Dolly Varden's press release makes it clear that despite their dissatisfaction with Hecla's methods, they will consider the offer.

While it is an unsolicited offer, I believe the Board of Directors will have no choice but to accept the offer. Hecla's announcement makes it clear that investors holding 34.4% of Dolly Varden's shares FD support this offer (with Hecla alone holding almost 20% of Dolly Varden's shares on a fully diluted basis).

If they do not accept the offer, put the offer to a shareholder vote, or at least negotiate an amicable deal with Hecla and Robert L. Gipson, legal actions will most certainly proceed against Dolly Varden and their board, and civil as well as criminal charges could be lodged for blatant disregard of shareholder interests.

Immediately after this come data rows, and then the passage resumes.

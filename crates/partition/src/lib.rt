// The public split: checks, then the three phases of the paper.
#![tactic(auto)]

ghost use Rattle.std.specs.Prelude.{◌≡◌, ◌*◌, ◌≤◌, length, leb, ◌&&◌};
ghost use Rattle.graph.specs.Lent.{graph_in};
ghost use Rattle.validity.specs.Check.{most_vertices};
ghost use Rattle.partition.specs.Split.{answer_of, split_of, table_after, rows_left};
ghost use Rattle.partition.specs.Promises.{Ready, Works};

use graph::{LinkTable, Problem, RowStore};
use validity::{Cause, Refusal};

// What a split tells: the cut, the rounds kept, the rung that was cut and the moves that lowered the cut.
#[derive(Clone, Copy)]
pub struct Summary {
    pub cut: u32,
    pub rounds: usize,
    pub rung: usize,
    pub moves: usize,
}

// Whether the caller lends enough: an entry of the table for each vertex, and nine rows.
fn enough(n: usize, table: usize, rows: usize) -> bool
    ensures { result ≡ (leb n table && leb (9 * n) rows) }
{
    n <= table && n <= rows / 9
}

// The three phases of the paper: coarsen, initial partition, refine. The local arrays hold the joined edges and the orders of nine rows.
fn phases<const M: usize>(
    problem: Problem<'_>,
    order: &[u16; 512],
    levels: &mut [u16; 512],
    links: &mut LinkTable,
    table: &mut [u16],
    rows: &mut [u16],
) -> Option<Summary>
    requires ready { Ready (graph_in problem.lists) problem.k problem.bound order.now levels.old links.old.head links.old.next table.old rows.old }
    requires held { (9 * length problem.lists.starts.now ≤ M) × (M ≤ 9216) }
    ensures { Works (graph_in problem.entry.lists) problem.entry.k problem.entry.bound table.old rows.old table.new rows.new result }
{
    let mut froms = [0; M];
    let mut tos = [0; M];
    let mut wides = [0; M];
    let mut orders = [0; 4608];
    let mut store = RowStore {
        froms: &mut froms,
        tos: &mut tos,
        wides: &mut wides,
        sizes: [0; 9],
        orders: &mut orders,
    };
    let rounds = hierarchy::build(problem, order, levels, links, rows, &mut store);
    let view = store.view();
    let first = initial::choose(problem, rows, view, links, rounds, table)?;
    let last = refine::refine(problem, rows, view, links, first.row, first.cut, table);
    Some(Summary {
        cut: last.cut,
        rounds,
        rung: first.row,
        moves: last.moves,
    })
}

// The phases, on arrays of the call's size: few edges, less to clear.
// stays: an `if` for the size, as in `division_table::fill_fixed`.
fn partition(
    problem: Problem<'_>,
    order: &[u16; 512],
    levels: &mut [u16; 512],
    links: &mut LinkTable,
    table: &mut [u16],
    rows: &mut [u16],
) -> Option<Summary>
    requires { Ready (graph_in problem.lists) problem.k problem.bound order.now levels.old links.old.head links.old.next table.old rows.old }
    ensures { Works (graph_in problem.entry.lists) problem.entry.k problem.entry.bound table.old rows.old table.new rows.new result }
{
    if problem.lists.starts.len() <= 128 {
        return phases::<1152>(problem, order, levels, links, table, rows);
    }
    phases::<9216>(problem, order, levels, links, table, rows)
}

// Checks 1 to 8 with at most `most` vertices, then the phases; 9 where no rung can be cut.
fn split_within(
    most: usize,
    problem: Problem<'_>,
    table: &mut [u16],
    rows: &mut [u16],
) -> Result<Summary, Refusal>
    requires { most ≤ 512 }
    ensures result_value { answer_of result ≡ split_of most (graph_in problem.entry.lists) problem.entry.k problem.entry.bound table.old rows.old }
    ensures table_after { table.new ≡ table_after most (graph_in problem.entry.lists) problem.entry.k problem.entry.bound table.old rows.old }
    ensures rows_after { rows.new ≡ rows_left most (graph_in problem.entry.lists) problem.entry.k problem.entry.bound table.old rows.old }
{
    let room = enough(problem.lists.costs.len(), table.len(), rows.len());
    let mut order = [0; 512];
    let mut levels = [0; 512];
    let mut links = LinkTable {
        head: [0; 513],
        next: [0; 1024],
    };
    let checked = validity::check(most, problem, room, &mut order, &mut levels, &mut links);
    // stays: a `match` for `?`, so that the place is a value here, which must-fail/place_lost changes alone.
    match checked.verdict {
        Ok(()) => (),
        Err(refusal) => return Err(refusal.cause.at(refusal.place)),
    }
    let inner = partition(problem, &order, &mut levels, &mut links, table, rows);
    inner.ok_or(Cause::Uncut.at(0))
}

// Document 01, the split.
pub fn split(problem: Problem<'_>, table: &mut [u16], rows: &mut [u16]) -> Result<Summary, Refusal>
    ensures result_value { answer_of result ≡ split_of most_vertices (graph_in problem.entry.lists) problem.entry.k problem.entry.bound table.old rows.old }
    ensures table_after { table.new ≡ table_after most_vertices (graph_in problem.entry.lists) problem.entry.k problem.entry.bound table.old rows.old }
    ensures rows_after { rows.new ≡ rows_left most_vertices (graph_in problem.entry.lists) problem.entry.k problem.entry.bound table.old rows.old }
{
    split_within(512, problem, table, rows)
}
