//! What the core takes and what it gives, as plain data: requests, commands and ticks; replies, notices and refusals.
//!
//! Contracts see each of these types as data without memory, but for the bytes of a request and for an answer, where a
//! call can ask for room. `specs/Views.antt` turns events and answers into plain values, those of `specs/Events.antt` and
//! `specs/Answers.antt`. The layers above may rely on the room: what [`Answer::make_room`] makes is what [`Answer::fits`]
//! tests; the core will carry an event out within it.
#![tactic(auto)]

mod answers;
mod commands;
mod events;
mod infos;
pub mod laws;
mod refusals;

pub use answers::{Answer, Errno, JobFault, Memory, Notice, Notices, Reply};
pub use commands::{
    Action, Actions, BackupArgs, Command, ExportArgs, Mode, Names, SourceName, Sources, SyncKind,
};
pub use events::{Event, Next, Request, Way, Work};
pub use infos::{
    BitmapInfo, BitmapInfos, ExportInfo, ExportList, JobInfo, JobInfos, NodeInfo, NodeInfos,
};
pub use refusals::Refusal;

#[cfg(test)]
mod tests;
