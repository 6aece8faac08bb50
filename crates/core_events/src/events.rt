//! Events: what a guest asks, what a monitor commands, and ticks.

use crate::commands::Command;
use span_algebra::{Bytes, Name};

/// How a request came.
#[derive(Debug, Drop)]
pub enum Way {
    /// To a node: the drive, or a view of it.
    Node(Name),
    /// Through an export, by the name that clients ask for.
    Export(Name),
}

/// What a guest asks.
#[derive(Debug, Drop)]
pub enum Work {
    /// The bytes of the range.
    Read,
    /// Puts the request's bytes at the range. With `fua` they are on the disk before the answer.
    Write { fua: bool },
    /// Makes the range read as zeros. With `no_hole` its clusters are stored, as by a write of zeros; with `fua` it is on the disk before the answer.
    Zero { fua: bool, no_hole: bool },
    /// Each write that was answered is on the disk before the answer.
    Flush,
    /// Runs of the range by a context: how it is stored, or what a bitmap has of it. With `one` the first run alone.
    Status { context: Name, one: bool },
}

/// A guest's request for a range of a disk.
///
/// A flush has no range, and its numbers aren't looked at.
#[derive(Debug, Drop)]
pub struct Request {
    pub way: Way,
    pub work: Work,
    /// Where the range begins, in bytes.
    pub offset: u64,
    /// How long the range is, in bytes.
    pub length: u64,
    /// What a write puts there. Of any other request they aren't looked at.
    pub bytes: Bytes,
}

/// What the core takes. Each is carried out whole, one after another.
#[derive(Debug, Drop)]
pub enum Event {
    /// A guest asks something of a disk.
    Guest(Request),
    /// The monitor commands something.
    Monitor(Command),
    /// There is time to copy a piece of a job.
    Tick,
}

/// What the bytes that came on a connection give next.
#[derive(Debug, Drop)]
pub enum Next {
    /// The bytes left are no whole message.
    More,
    /// A message was taken that gives no event. What is due to it was answered.
    Answered,
    /// A message was taken that is this event.
    Take(Event),
    /// The connection is to be hung up.
    HangUp,
}
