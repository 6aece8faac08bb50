//! Commands of the monitor.

use span_algebra::Name;
use std::marker::Model;

/// What the monitor commands.
#[derive(Debug, Drop)]
pub enum Command {
    /// One action, as a transaction of it alone.
    Act(Action),
    /// All of the actions at one point, or none.
    Transaction(Actions),
    /// Ends the job of this name, or the view.
    JobCancel(Name),
    /// Lists the jobs, and then the views.
    QueryJobs,
    /// Lists the drive with its bitmaps, and then the views.
    QueryNodes,
    /// Offers a node to clients.
    ExportAdd(ExportArgs),
    /// Ends the run.
    Quit,
}

/// One action of a transaction.
#[derive(Debug, Drop)]
pub enum Action {
    /// Adds a bitmap. The granularity is in bytes; where none is given, it follows the disk's clusters.
    Add {
        node: Name,
        name: Name,
        granularity: Option<u64>,
        persistent: bool,
        recording: bool,
    },
    /// Takes a bitmap away.
    Remove {
        node: Name,
        name: Name,
    },
    /// Empties a bitmap.
    Clear {
        node: Name,
        name: Name,
    },
    /// From now on the bitmap records writes.
    Enable {
        node: Name,
        name: Name,
    },
    /// From now on the bitmap records no writes.
    Disable {
        node: Name,
        name: Name,
    },
    /// Joins the sources' bits to the target's.
    Merge {
        node: Name,
        target: Name,
        sources: Sources,
    },
    /// Starts a backup.
    Backup(BackupArgs),
    /// Is always refused, and the whole transaction with it.
    Abort,
}

/// Actions, in order.
#[derive(Debug, Drop)]
pub struct Actions {
    pub items: Vec<Action>,
}

impl Model for Actions {
    ghost use Rattle.std.specs.Prelude.{List};
    ghost use Rattle.core_events.specs.declared.commands.Action.{Action};

    ghost Value = { List Action };

    ghost view = { λ a. a.items.items };
}

/// A bitmap by its name. A node may stand beside it.
#[derive(Debug, Drop)]
pub struct SourceName {
    pub node: Option<Name>,
    pub name: Name,
}

/// Names of bitmaps, in order.
#[derive(Debug, Drop)]
pub struct Sources {
    pub items: Vec<SourceName>,
}

impl Model for Sources {
    ghost use Rattle.std.specs.Prelude.{List};
    ghost use Rattle.core_events.specs.declared.commands.SourceName.{SourceName};

    ghost Value = { List SourceName };

    ghost view = { λ a. a.items.items };
}

/// What a backup is to copy, and where to.
#[derive(Debug, Drop)]
pub struct BackupArgs {
    /// The name of the job.
    pub job: Name,
    /// The node that is copied.
    pub device: Name,
    /// The file that is copied to.
    pub target: Name,
    pub sync: SyncKind,
    /// The bitmap whose bits are copied.
    pub bitmap: Option<Name>,
    /// What becomes of the bitmap.
    pub mode: Option<Mode>,
}

/// Which parts of a disk a backup copies.
#[derive(Clone, Copy, Debug, PartialEq, Eq)]
pub enum SyncKind {
    /// All of it.
    Full,
    /// What the bitmap has. Its mode can't be [`Mode::Never`].
    Incremental,
    /// What the bitmap has, by either mode.
    Bitmap,
    /// No part by itself: a view of the disk as it is now, that keeps what is overwritten.
    Nothing,
}

/// What becomes of a backup's bitmap.
#[derive(Clone, Copy, Debug, PartialEq, Eq)]
pub enum Mode {
    /// Where the job completes, the bitmap keeps only what was written since its start.
    OnSuccess,
    /// The bitmap keeps what it had, and gains what was written since the job's start.
    Never,
}

/// What an export offers.
#[derive(Debug, Drop)]
pub struct ExportArgs {
    /// The name by which commands know it.
    pub id: Name,
    /// The node that is offered.
    pub node: Name,
    /// The name by which clients ask for it.
    pub name: Name,
    /// Whether clients may write.
    pub writable: bool,
    /// The bitmaps whose status clients may ask.
    pub bitmaps: Sources,
}

/// Names, in order.
#[derive(Debug, Drop)]
pub struct Names {
    pub items: Vec<Name>,
}

impl Model for Names {
    ghost use Rattle.std.specs.Prelude.{List, ℕ};

    ghost Value = { List (List ℕ) };

    ghost view = { λ a. a.items.items };
}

This could be an easy way to make significant profits if you can manage to scoop up some cheap shares now (it trades on the TSX-V under DV). It appears shares will trade for C$0.62 on the open today (July 28th, 2016), so if the offer goes through, that's a 10% gain. It is hard for me to imagine Dolly Varden turning the offer down, considering Hecla's large position in the company, and the legal ramifications it could have. As a result, I believe this is a safe opportunity for you to profit.

Disclosure: I/we have no positions in any stocks mentioned, but may initiate a long position in DOLLF over the next 72 hours.

I wrote this article myself, and it expresses my own opinions. I am not receiving compensation for it (other than from Seeking Alpha). I have no business relationship with any company whose stock is mentioned in this article.